A simple rule of thumb is to make sure your child is eating a minimum of two iron rich foods per day.

It is important to be aware of the fact that there are two types of iron; heme & non heme iron. Heme iron is more absorbable (with an absorption rate of approx 15-30%) and is derived from animal sources. Non Heme iron is less absorbable (with an absorption rate of approx 5%) and can be found in fruit, vegetables, and grains.

The following are examples of foods rich in Heme Iron:

  • Meats: beef, pork, lamb… (especially liver and other organ meats)

  • Poultry: chicken, duck, and turkey… (especially liver and dark meat)

  • Fish: shellfish, sardines, tuna, canned salmon, anchovies…

The following are examples of foods rich in Non Heme Iron:

  • Beans: lima beans, pinto beans, kidney beans, lentils, chic peas…

  • Iron-enriched foods: white bread, pasta, rice, cereals…

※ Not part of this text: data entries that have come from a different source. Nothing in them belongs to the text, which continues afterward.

//! What becomes of a datagram that comes.

ghost use Rattle.std.specs.Prelude.{◌≡◌, ◌<◌, ◌≤◌, ◌+◌, ◌^◌, IfSome, Some, None, true, false, is_some, length, nat_lt};
ghost use Rattle.rx_model.specs.declared.event.Event.TheVariants as events;
ghost use Rattle.rx_model.specs.Message.{Message};
ghost use Rattle.rx_model.specs.Names.{Channel, channel_of, connection_of};
ghost use Rattle.rx_packet.specs.Seen.{FitsDatagram, body_of, message_of};
ghost use Rattle.rx_model.specs.declared.answers.Took.TheVariants as tooks;
ghost use Rattle.rx_rules.specs.Looks.{CallRecord, Looks, call_at, call_named, channel_at, conn_at};
ghost use Rattle.rx_rules.specs.Records.{has_place, started_later, used};
ghost use Rattle.rx_table.specs.Records.{IsLongestIdle, place_of};
ghost use Rattle.rx_node.specs.Mirrors.{IsChannel, IsKey};
ghost use Rattle.rx_node.specs.Node.{setup_of};
ghost use Rattle.rx_server.specs.Server.{Answered, SameSetup, Serves, StepsServer};
ghost use Rattle.rx_rules.specs.After.{turned_away};
ghost use Rattle.rx_server.specs.Turned.{Judges, strays, turned_of};
ghost use Rattle.rx_server.specs.Taking.{Entered, HasNoPlace, IsReady, Opening, OpensSome, OwnsSome, Passes, RowIs};
ghost use Rattle.rx_server.specs.Taking.{IsOwnActive, Takes, TakesLive, keeps_first, proves_client};
ghost use Rattle.rx_node.specs.Steps.{IsFound, stopped_by};

use crate::rows::{outer_row, server_row};
use crate::server::Server;
use crate::server::waiting::{admit_place, list_behind};
use rx_books::{Life, Link, Turn, is_data, is_response, named};
use rx_class::Class;
use rx_model::wire::RX_CALL_DEAD;
use rx_model::{CallName, Host, Took};
use rx_packet::{Body, Head, read_msg};
use rx_table::CHANNELS;
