//! What drives a node: its clock, its polls and what it takes.
//!
//! A run over nodes tells each event of a node to what is outside (`Outside`): a journal, and the sink of its lines.
//! What a node gives goes to a carrier (`Carrier`): it is kept, or goes to a wire. A contract says that steps were
//! made and told which a part of a run may make (`rx_run`, `specs/Ran.antt`): events of the node, and entries of the
//! wire's log.
#![tactic(auto)]

mod buffers;
mod carrier;
mod endpoint;
mod events;
mod fits;
mod outside;
mod polls;
mod stop;
mod turns;

pub use carrier::Carrier;
pub use endpoint::Endpoint;
pub use events::{clock, take, take_parts};
pub use outside::Outside;
pub use polls::poll_out;
pub use stop::Stop;
pub use turns::{call_turn, dispatch};
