//! What is handed in to a node: its moment, and what comes for it.
ghost use Rattle.std.specs.Prelude.{◌≡◌, ◌≤◌, ◌<◌, ◌^◌, List, IfErr, true, length};
ghost use Rattle.rx_drive.specs.Events.{event, takes_all};
ghost use Rattle.rx_drive.specs.Nodes.{node_stages};
ghost use Rattle.rx_drive.specs.Ran.{Ran, stop_of};
ghost use Rattle.rx_events.specs.Events.{IsClocked, IsTaken};
ghost use Rattle.rx_jumbo.specs.Parts.{parts_of};
ghost use Rattle.rx_model.specs.declared.event.Event.{Event as OneEvent};

use crate::buffers::front;
use crate::endpoint::Endpoint;
use crate::fits::{event_fits, taken_fits};
use crate::outside::Outside;
use crate::stop::Stop;
use rx_jumbo::{part, parts};
use rx_model::{Event, Host};

/// The node's moment is this one now, in milliseconds; and that is told.
pub fn clock<N: Endpoint, X: Outside>(
    number: u32,
    node: &mut N,
    now: u64,
    outside: &mut X,
) -> Result<(), Stop>
    requires later { N.clocked node.old ≤ now }
    requires now { now < 2 ^ 62 }
    ensures clocks { (h : List OneEvent) → N.stands node.old h
        → Ran (X.ways outside.old).line (event (node_stages (N.setup node.old)) number (IsClocked now) h)
        (N.stands node.new) (stop_of result) (X.told outside.old) (X.told outside.new) }
    ensures setup { N.setup node.new ≡ N.setup node.old }
    ensures ways { X.ways outside.new ≡ X.ways outside.old }
    ensures wants { IfErr result (λ stop. stop ≡ Stop.Unnoted → X.may_want ≡ true) }
{
    node.clock(now);
    let event = Event::Clocked { now };
    event_fits(number, &event);
    outside.tell(number, &event)
}

/// The node takes a single datagram from a host; and that is told.
pub fn take<N: Endpoint, X: Outside>(
    number: u32,
    node: &mut N,
    from: Host,
    bytes: &[u8],
    outside: &mut X,
) -> Result<(), Stop>
    ensures takes { (h : List OneEvent) → N.stands node.old h
        → Ran (X.ways outside.old).line (event (node_stages (N.setup node.old)) number (IsTaken from bytes.now) h)
        (N.stands node.new) (stop_of result) (X.told outside.old) (X.told outside.new) }
    ensures setup { N.setup node.new ≡ N.setup node.old }
    ensures ways { X.ways outside.new ≡ X.ways outside.old }
    ensures wants { IfErr result (λ stop. stop ≡ Stop.Unnoted → X.may_want ≡ true) }
{
    let got = node.take(from, bytes);
    taken_fits(number, from, bytes, got);
    outside.tell_taken(number, from, bytes, got)
}

/// The node takes each single datagram of a datagram from a host, and each is told. `single` is room for one of them.
pub fn take_parts<N: Endpoint, X: Outside>(
    number: u32,
    node: &mut N,
    from: Host,
    came: &[u8],
    single: &mut [u8],
    outside: &mut X,
) -> Result<(), Stop>
    requires room { length came.now ≤ length single.old }
    ensures takes { (h : List OneEvent) → N.stands node.old h
        → Ran (X.ways outside.old).line (takes_all (node_stages (N.setup node.old)) number from (parts_of came.now) h)
        (N.stands node.new) (stop_of result) (X.told outside.old) (X.told outside.new) }
    ensures setup { N.setup node.new ≡ N.setup node.old }
    ensures ways { X.ways outside.new ≡ X.ways outside.old }
    ensures wants { IfErr result (λ stop. stop ≡ Stop.Unnoted → X.may_want ≡ true) }
{
    for k in 0..parts(came) {
        let length = part(came, k, single);
        take(number, node, from, front(single, length), outside)?;
    }
    Ok(())
}
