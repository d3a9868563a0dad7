//! Turns of the handlers of a server, and of a caller on its client.
ghost use Rattle.std.specs.Prelude.{◌≡◌, List, IfErr, IfOk, false, true};
ghost use Rattle.rx_asks.specs.Asks.{begun as caller_begun, calling, is_done};
ghost use Rattle.rx_asks.specs.declared.ask.TheConstants.{REPLY_BYTES};
ghost use Rattle.rx_caller.specs.Turn.{CallerWants};
ghost use Rattle.rx_dispatch.specs.Making.{Remembers};
ghost use Rattle.rx_dispatch.specs.Rounds.{turning_of};
ghost use Rattle.rx_dispatch.specs.States.{state_of};
ghost use Rattle.rx_dispatch.specs.Wanting.{IsWanting};
ghost use Rattle.rx_drive.specs.Nodes.{node_stages};
ghost use Rattle.rx_drive.specs.Ran.{Ran, stop_of};
ghost use Rattle.rx_drive.specs.Tells.{IsTold};
ghost use Rattle.rx_drive.specs.Turned.{CallsOnce, turn};
ghost use Rattle.rx_jobs.specs.Dispatching.{accepts, dispatching, over};
ghost use Rattle.rx_jobs.specs.Handlers.{handlers_of};
ghost use Rattle.rx_model.specs.declared.event.Event.{Event as OneEvent};
ghost use Rattle.rx_node.specs.Node.{setup_of};
ghost use Rattle.rx_node.specs.Steps.{StandsNode};
ghost use Rattle.rx_server.specs.Server.{Stands};
ghost use Rattle.rx_wire.specs.Turns.{noted};

use crate::fits::event_fits;
use crate::outside::Outside;
use crate::stop::Stop;
use rx_caller::Caller;
use rx_class::Class;
use rx_client::Client;
use rx_dispatch::Dispatcher;
use rx_model::Event;
use rx_room::Room;
use rx_server::Server;
use xdr_value::Interface;

/// A turn of the handlers on their server, which has this number; each call is told.
pub fn dispatch<C: Class, X: Outside>(
    number: u32,
    iface: &Interface,
    dispatcher: &mut Dispatcher,
    server: &mut Server<C>,
    outside: &mut X,
) -> Result<(), Stop>
    ensures turned { (h : List OneEvent) → Stands C.class_of server.old h
        → Ran (X.ways outside.old).line (turn (node_stages (setup_of C.class_of server.old.node))
        (dispatching (handlers_of iface.now (state_of dispatcher.old).script))
        (IsWanting (handlers_of iface.now (state_of dispatcher.old).script)) number
        (accepts (state_of dispatcher.old).round.jobs) h)
        (λ r. (r.0 ≡ over (state_of dispatcher.new).round.jobs) × Stands C.class_of server.new r.1) (stop_of result)
        (X.told outside.old) (X.told outside.new) }
    ensures script { (state_of dispatcher.new).script ≡ (state_of dispatcher.old).script }
    ensures setup { setup_of C.class_of server.new.node ≡ setup_of C.class_of server.old.node }
    ensures ways { X.ways outside.new ≡ X.ways outside.old }
    ensures wants { IfErr result (λ stop. stop ≡ Stop.Unnoted → X.may_want ≡ true) }
{
    dispatcher.begin();
    'calls: for made in 0..u64::MAX {
        if !serve(number, iface, dispatcher, server, outside)? {
            return Ok(());
        }
    }
    Err(Stop::Endless)
}

/// Makes the next call of the handlers' turn, and tells it. Whether there was one.
fn serve<C: Class, X: Outside>(
    number: u32,
    iface: &Interface,
    dispatcher: &mut Dispatcher,
    server: &mut Server<C>,
    outside: &mut X,
) -> Result<bool, Stop>
    requires { Remembers (handlers_of iface.now (state_of dispatcher.old).script) (state_of dispatcher.old).round }
    ensures calls { CallsOnce (dispatching (handlers_of iface.now (state_of dispatcher.old).script))
        (IsWanting (handlers_of iface.now (state_of dispatcher.old).script)) (setup_of C.class_of server.old.node)
        (Stands C.class_of server.old) (Stands C.class_of server.new) number (X.ways outside.old).line
        (turning_of (handlers_of iface.now (state_of dispatcher.old).script) (state_of dispatcher.old).round)
        (turning_of (handlers_of iface.now (state_of dispatcher.old).script) (state_of dispatcher.new).round)
        (X.told outside.old) (X.told outside.new) result }
    ensures over { IfOk result (λ again. again ≡ false
        → turning_of (handlers_of iface.now (state_of dispatcher.old).script) (state_of dispatcher.new).round
        ≡ over (state_of dispatcher.new).round.jobs) }
    ensures remembered { Remembers (handlers_of iface.now (state_of dispatcher.new).script)
        (state_of dispatcher.new).round }
    ensures script { (state_of dispatcher.new).script ≡ (state_of dispatcher.old).script }
    ensures setup { setup_of C.class_of server.new.node ≡ setup_of C.class_of server.old.node }
    ensures ways { X.ways outside.new ≡ X.ways outside.old }
    ensures wants { IfErr result (λ stop. stop ≡ Stop.Unnoted → X.may_want ≡ true) }
{
    match dispatcher.step(iface, server)? {
        Some(event) => tell_call(number, event, outside),
        None => Ok(false),
    }
}

/// A turn of a caller on its client, which has this number; each call is told. What it reads goes through this room.
pub fn call_turn<C: Class, X: Outside>(
    number: u32,
    caller: &mut Caller,
    room: &mut Room,
    client: &mut Client<C>,
    outside: &mut X,
) -> Result<(), Stop>
    ensures turned { (h : List OneEvent) → StandsNode C.class_of client.old h
        → Ran (X.ways outside.old).line (turn (node_stages (setup_of C.class_of client.old)) (calling REPLY_BYTES)
        (CallerWants REPLY_BYTES) number (caller_begun caller.old) h)
        (λ r. (r.0 ≡ caller.new) × StandsNode C.class_of client.new r.1) (stop_of result)
        (X.told outside.old) (X.told outside.new) }
    ensures done { is_done caller.old ≡ true → is_done caller.new ≡ true }
    ensures setup { setup_of C.class_of client.new ≡ setup_of C.class_of client.old }
    ensures ways { X.ways outside.new ≡ X.ways outside.old }
    ensures wants { IfErr result (λ stop. stop ≡ Stop.Unnoted → X.may_want ≡ true) }
{
    caller.begin();
    'calls: for made in 0..u64::MAX {
        if !call(number, caller, room, client, outside)? {
            return Ok(());
        }
    }
    Err(Stop::Endless)
}

/// Makes the next call of a caller's turn, and tells it. Whether there was one.
fn call<C: Class, X: Outside>(
    number: u32,
    caller: &mut Caller,
    room: &mut Room,
    client: &mut Client<C>,
    outside: &mut X,
) -> Result<bool, Stop>
    ensures calls { CallsOnce (calling REPLY_BYTES) (CallerWants REPLY_BYTES) (setup_of C.class_of client.old)
        (StandsNode C.class_of client.old) (StandsNode C.class_of client.new) number (X.ways outside.old).line
        caller.old caller.new (X.told outside.old) (X.told outside.new) result }
    ensures done { is_done caller.old ≡ true → is_done caller.new ≡ true }
    ensures setup { setup_of C.class_of client.new ≡ setup_of C.class_of client.old }
    ensures ways { X.ways outside.new ≡ X.ways outside.old }
    ensures wants { IfErr result (λ stop. stop ≡ Stop.Unnoted → X.may_want ≡ true) }
{
    match caller.step(room, client)? {
        Some(event) => tell_call(number, event, outside),
        None => Ok(false),
    }
}

/// Tells a call of a turn, which goes on then.
fn tell_call<X: Outside>(number: u32, event: Event, outside: &mut X) -> Result<bool, Stop>
    ensures told { IsTold (X.ways outside.old).line (stop_of result) (X.told outside.old) (X.told outside.new)
        (noted number event) }
    ensures goes { IfOk result (λ goes. goes ≡ true) }
    ensures ways { X.ways outside.new ≡ X.ways outside.old }
    ensures wants { IfErr result (λ stop. stop ≡ Stop.Unnoted → X.may_want ≡ true) }
{
    event_fits(number, &event);
    outside.tell(number, &event)?;
    Ok(true)
}
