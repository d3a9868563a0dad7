//! Polls of a node until none is due.
ghost use Rattle.std.specs.Prelude.{◌≡◌, ◌≤◌, ℕ, List, IfErr, IfOk, None, false, true, length};
ghost use Rattle.rx_drive.specs.Carried.{CanCarry, PassesOn, PollsOnce, polls_carried};
ghost use Rattle.rx_drive.specs.Nodes.{node_stages};
ghost use Rattle.rx_drive.specs.Ran.{Ran, stop_of};
ghost use Rattle.rx_drive.specs.Tells.{IsTold};
ghost use Rattle.rx_model.specs.declared.event.Event.{Event as OneEvent};
ghost use Rattle.rx_model.specs.declared.event.Event.TheVariants as events;
ghost use Rattle.rx_model.specs.declared.wire.TheConstants.{DATAGRAM_BYTES};
ghost use Rattle.rx_wire.specs.Turns.{noted};

use crate::buffers::front;
use crate::carrier::Carrier;
use crate::endpoint::Endpoint;
use crate::fits::{event_fits, polled_fits};
use crate::outside::Outside;
use crate::stop::Stop;
use rx_model::{Event, Host};

/// Polls a node until none is due, tells each poll, and has all that it gives carried. The node has this number, and
/// `single` is room for a datagram.
pub fn poll_out<N: Endpoint, K: Carrier<X>, X: Outside>(
    number: u32,
    node: &mut N,
    single: &mut [u8],
    carrier: &mut K,
    outside: &mut X,
) -> Result<(), Stop>
    requires room { DATAGRAM_BYTES ≤ length single.old }
    requires can { CanCarry (N.setup node.old) (N.stands node.old) K.can }
    ensures polls { (h : List OneEvent) → N.stands node.old h
        → Ran (X.ways outside.old).line (polls_carried (node_stages (N.setup node.old))
        (record { carried = K.carried; some = K.some; lost = K.lost }) number carrier.old carrier.new h)
        (N.stands node.new) (stop_of result) (X.told outside.old) (X.told outside.new) }
    ensures setup { N.setup node.new ≡ N.setup node.old }
    ensures names { K.names carrier.new ≡ K.names carrier.old }
    ensures ways { X.ways outside.new ≡ X.ways outside.old }
    ensures wants { IfErr result (λ stop. stop ≡ Stop.Unnoted → X.may_want ≡ true) }
{
    'polls: for made in 0..u64::MAX {
        if !poll_once(number, node, single, carrier, outside)? {
            return Ok(());
        }
    }
    Err(Stop::Endless)
}

/// Polls a node once, tells that, and has what it gives carried. Whether it gave something.
fn poll_once<N: Endpoint, K: Carrier<X>, X: Outside>(
    number: u32,
    node: &mut N,
    single: &mut [u8],
    carrier: &mut K,
    outside: &mut X,
) -> Result<bool, Stop>
    requires room { DATAGRAM_BYTES ≤ length single.old }
    requires can { CanCarry (N.setup node.old) (N.stands node.old) K.can }
    ensures polls { PollsOnce (N.setup node.old) (N.stands node.old) (N.stands node.new)
        (record { carried = K.carried; some = K.some; lost = K.lost }) number (X.ways outside.old).line
        carrier.old carrier.new (X.told outside.old) (X.told outside.new) result }
    ensures can { CanCarry (N.setup node.new) (N.stands node.new) K.can }
    ensures setup { N.setup node.new ≡ N.setup node.old }
    ensures names { K.names carrier.new ≡ K.names carrier.old }
    ensures ways { X.ways outside.new ≡ X.ways outside.old }
    ensures wants { IfErr result (λ stop. stop ≡ Stop.Unnoted → X.may_want ≡ true) }
{
    match node.poll(single) {
        Some((to, count)) => pass_on(number, to, front(single, count), carrier, outside),
        None => tell_none(number, outside),
    }
}

/// Tells a datagram that a poll gave, and has it carried.
fn pass_on<K: Carrier<X>, X: Outside>(
    number: u32,
    to: Host,
    datagram: &[u8],
    carrier: &mut K,
    outside: &mut X,
) -> Result<bool, Stop>
    requires can { K.can (to, datagram.now) }
    ensures passes { PassesOn (record { carried = K.carried; some = K.some; lost = K.lost }) number
        (X.ways outside.old).line (to, datagram.now) carrier.old carrier.new (X.told outside.old) (X.told outside.new)
        result }
    ensures names { K.names carrier.new ≡ K.names carrier.old }
    ensures ways { X.ways outside.new ≡ X.ways outside.old }
    ensures wants { IfErr result (λ stop. stop ≡ Stop.Unnoted → X.may_want ≡ true) }
{
    polled_fits(number, to, datagram);
    outside.tell_polled(number, to, datagram)?;
    carrier.carry(to, datagram, outside)?;
    Ok(true)
}

/// Tells that a poll gave nothing.
fn tell_none<X: Outside>(number: u32, outside: &mut X) -> Result<bool, Stop>
    ensures told { IsTold (X.ways outside.old).line (stop_of result) (X.told outside.old) (X.told outside.new)
        (noted number (events.Polled None)) }
    ensures none { IfOk result (λ again. again ≡ false) }
    ensures ways { X.ways outside.new ≡ X.ways outside.old }
    ensures wants { IfErr result (λ stop. stop ≡ Stop.Unnoted → X.may_want ≡ true) }
{
    let event = Event::Polled { got: None };
    event_fits(number, &event);
    outside.tell(number, &event)?;
    Ok(false)
}
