//! What becomes of the datagrams that a node gives.
ghost use Rattle.std.specs.Prelude.{◌≡◌};
ghost use Rattle.rx_drive.specs.Carried.{Carries};
ghost use Rattle.rx_drive.specs.Ran.{stop_of};

use crate::outside::Outside;
use crate::stop::Stop;
use rx_model::Host;

/// What becomes of the datagrams that a node gives: they are kept, or go to a wire.
pub trait Carrier<X: Outside> {
    ghost use Rattle.std.specs.Prelude.{◌++◌, ◌∷◌, [], List, ℕ};
    ghost use Rattle.rx_drive.specs.Carried.{Given};
    ghost use Rattle.rx_drive.specs.Ran.{Fault};
    ghost use Rattle.rx_wire.specs.Wire.{Logged};

    /// From one state to another it carried these datagrams, with these entries in the log.
    ghost carried: { Self → Self → List Given → List Logged → Type 0 };

    /// It may have carried some of these, with these entries in the log.
    ghost some: { Self → List Given → List Logged → Type 0 };

    /// It failed at these, for this reason, with these entries in the log.
    ghost lost: { Fault → Self → List Given → List Logged → Type 0 };

    /// Which datagrams it can carry.
    ghost can: { Given → Type 0 };

    /// By which references it is reached.
    ghost names: { Self → List ℕ };

    /// Carries a datagram.
    fn carry(&mut self, to: Host, bytes: &[u8], outside: &mut X) -> Result<(), Stop>
        requires { can (to, bytes.now) }
        ensures carries { Carries (record { carried = carried; some = some; lost = lost }) self.old self.new
            (to, bytes.now) (X.told outside.old) (X.told outside.new) (stop_of result) }
        ensures names { names self.new ≡ names self.old }
        ensures ways { X.ways outside.new ≡ X.ways outside.old };

    // Nothing is carried so.
    ghost none: { (k : Self) → carried k k [] [] };

    // What is carried behind what was carried is carried of both.
    ghost both: { (a b c : Self) (xs ys : List Given) (ls ms : List Logged) → carried a b xs ls
        → carried b c ys ms → carried a c (xs ++ ys) (ls ++ ms) };

    // Of what was carried some was.
    ghost less: { (a b : Self) (xs : List Given) (ls : List Logged) → carried a b xs ls → some a xs ls };

    // So it was of that and one more, which was still to be carried.
    ghost less_one: { (a b : Self) (xs : List Given) (d : Given) (ls : List Logged) → carried a b xs ls
        → some a (xs ++ d ∷ []) ls };

    // It failed at both, where it failed behind what was carried.
    ghost lost_behind: { (why : Fault) (a b : Self) (xs ys : List Given) (ls ms : List Logged) → carried a b xs ls
        → lost why b ys ms → lost why a (xs ++ ys) (ls ++ ms) };
}
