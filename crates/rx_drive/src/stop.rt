//! Why a run over nodes ends before it is done.
ghost use Rattle.std.specs.Prelude.{◌≡◌};

use std::alloc::AllocError;
use thiserror::Error;

/// Why a run over nodes ends before it is done.
#[derive(Clone, Copy, Debug, PartialEq, Eq, Error)]
pub enum Stop {
    #[error("a put failed")]
    SinkFault,
    #[error("a call of the wire failed")]
    WireFault,
    /// A handler, a caller or what carries datagrams wanted it.
    #[error("out of memory")]
    OutOfMemory,
    #[error("no memory for the text of a line")]
    Unformatted,
    #[error("no memory for a note")]
    Unnoted,
    /// So many events are 2^64 - 1.
    #[error("a polling or a turn came to no end")]
    Endless,
}

impl From<AllocError> for Stop {
    ghost use Rattle.std.specs.Prelude.{◌≡◌};
    ghost use Rattle.rx_drive.specs.declared.stop.Stop.TheVariants.{OutOfMemory};

    ghost from_gives = { λ _ stop. stop ≡ OutOfMemory };

    fn from(_: AllocError) -> Stop {
        Stop::OutOfMemory
    }
}
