//! Parts of buffers.
ghost use Rattle.std.specs.Prelude.{◌≡◌, take};

/// The first bytes, so many of them or all.
pub fn front(bytes: &[u8], count: usize) -> &[u8]
    ensures { result.now ≡ take count bytes.now }
{
    let (first, _) = bytes.split_at(count.min(bytes.len()));
    first
}
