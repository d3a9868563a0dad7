//! That the numbers of an event fit its fields, which is what their types say. Nothing here does anything as it runs.
ghost use Rattle.std.specs.Prelude.{◌<◌, ◌^◌, Some};
ghost use Rattle.rx_drive.specs.Tells.{FitsNoted};
ghost use Rattle.rx_model.specs.Message.{IsBytes};
ghost use Rattle.rx_model.specs.Telling.{FitsBad, FitsHost, FitsTook, IsWord};
ghost use Rattle.rx_model.specs.declared.event.Event.TheVariants as events;
ghost use Rattle.rx_wire.specs.Turns.{noted};

use rx_model::{BadMsg, Event, Host, Took};

/// Those of an event of a node.
pub fn event_fits(node: u32, event: &Event)
    ensures { FitsNoted (noted node event.now) }
{
    word_fits(u64::from(node));
    event.fits();
}

/// Those of a poll that gave these bytes for a host.
pub fn polled_fits(node: u32, to: Host, bytes: &[u8])
    ensures { FitsNoted (noted node (events.Polled (Some (to, bytes.now)))) }
{
    word_fits(u64::from(node));
    host_fits(to);
    bytes_fit(bytes);
}

/// Those of these bytes from a host, which were taken and judged so.
pub fn taken_fits(node: u32, from: Host, bytes: &[u8], got: Took)
    ensures { FitsNoted (noted node (events.Taken from bytes.now got)) }
{
    word_fits(u64::from(node));
    host_fits(from);
    bytes_fit(bytes);
    took_fits(got);
}

/// A number of at most 64 bits.
fn word_fits(n: u64)
    ensures { IsWord n }
{}

/// An address.
fn addr_fits(n: u32)
    ensures { n < 2 ^ 32 }
{}

/// Bytes.
fn bytes_fit(bytes: &[u8])
    ensures { IsBytes bytes.now }
{}

/// The numbers of a host.
fn host_fits(host: Host)
    ensures { FitsHost host }
{
    addr_fits(host.addr);
    word_fits(u64::from(host.port));
}

/// The number of what became of a datagram.
fn took_fits(got: Took)
    ensures { FitsTook got }
{
    if let Took::Bad(bad) = got {
        bad_fits(bad);
    }
}

/// The number of a bad message.
fn bad_fits(bad: BadMsg)
    ensures { FitsBad bad }
{
    match bad {
        BadMsg::Short(n) => word_fits(n as u64),
        BadMsg::Kind(n) => word_fits(u64::from(n)),
        BadMsg::TooLong(n) => word_fits(n as u64),
        BadMsg::Jumbo | BadMsg::AckShort | BadMsg::AbortShort => {}
    }
}
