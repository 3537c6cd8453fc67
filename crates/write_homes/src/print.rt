// What is printed: the writing step on two files' bytes.
ghost use Rattle.std.specs.Prelude.{◌+◌, ◌*◌, ◌≤◌, ◌≡◌, length};
ghost use Rattle.decimal.specs.Decimal.{Put};
ghost use Rattle.homes.specs.Homes.{most_homes};
ghost use Rattle.write_homes.specs.Printed.{most_list, most_table, output_room, given, written_homes, Stepped, printed};

use decimal::{NUMBER_BYTES, put};
use homes::{MOST_HOMES, MOST_ROWS, write};
use number_file::{put_fields, read};

// The longest files in form: a first line, and the numbers with a byte behind each.
const MOST_LIST: usize = 5 + NUMBER_BYTES * MOST_HOMES;

const MOST_TABLE: usize = 10 + NUMBER_BYTES * (2 * MOST_ROWS);

// The numbers that they can hold, if each takes two bytes only.
const LIST_NUMBERS: usize = MOST_LIST / 2 + 1;

const TABLE_NUMBERS: usize = MOST_TABLE / 2 + 1;

const OUTPUT_WORDS: usize = 2 * MOST_HOMES;

// Room for the longest output.
pub const ROOM: usize = 10 + NUMBER_BYTES * OUTPUT_WORDS;

// One byte more than the longest files in form have, so that a longer one is seen.
pub fn list_bytes() -> [u8; MOST_LIST + 1]
    ensures { most_list + 1 ≡ length result }
{
    [0; MOST_LIST + 1]
}

pub fn table_bytes() -> [u8; MOST_TABLE + 1]
    ensures { most_table + 1 ≡ length result }
{
    [0; MOST_TABLE + 1]
}

// The writing step on the two files' bytes, if they are there and in form: how many words it wrote.
fn step(list: Option<&[u8]>, table: Option<&[u8]>, words: &mut [u32]) -> Option<usize>
    requires { 2 * most_homes ≡ length words.old }
    ensures { Stepped (written_homes (given list.entry) (given table.entry)) words.old words.new result }
{
    let (list, table) = (list?, table?);
    if MOST_LIST < list.len() || MOST_TABLE < table.len() {
        return None;
    }
    let mut homes = [0; LIST_NUMBERS];
    let n = read(list, b"home\n", b'\n', &mut homes)?;
    let mut surveys = [0; TABLE_NUMBERS];
    let m = read(table, b"home,code\n", b',', &mut surveys)?;
    write(&homes[..n], &surveys[..m], words).ok()?;
    Some(2 * n)
}

// The writing step on the two files' bytes, if they are there, printed.
pub fn print(list: Option<&[u8]>, table: Option<&[u8]>, out: &mut [u8]) -> usize
    requires { output_room ≤ length out.old }
    ensures { Put out.old 0 (printed (given list.entry) (given table.entry)) out.new result }
{
    let mut words = [0; OUTPUT_WORDS];
    let Some(n) = step(list, table, &mut words) else {
        return put(b"refused,21\n", out, 0);
    };
    let to = put(b"home,code\n", out, 0);
    put_fields(&words[..n], out, to)
}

  • Vegetables: broccoli, spinach, winter squash, sweet potatoes, mushrooms…

  • Egg yolks

  • Dried fruit

  • Prune juice

  • Tofu

  • Grains: cream of wheat, wheat germ, cornmeal, millet, brown rice, bran…

  • Blackstrap molasses

  • Brewer’s yeast

Absorption of non heme iron can be enhanced by consuming foods high in Vitamin C such as:

  • Citrus fruit

  • Berries

  • Green vegetables, tomatoes

  • Peaches, apples, bananas, canteloupe, kiwi, mangoes, papayas

On the other hand, calcium decreases the absorption of iron so it’s important to ensure that toddlers drink no more than 24 oz of milk per day. Furthermore, try to avoid giving your child milk at the same time as an iron enriched meal.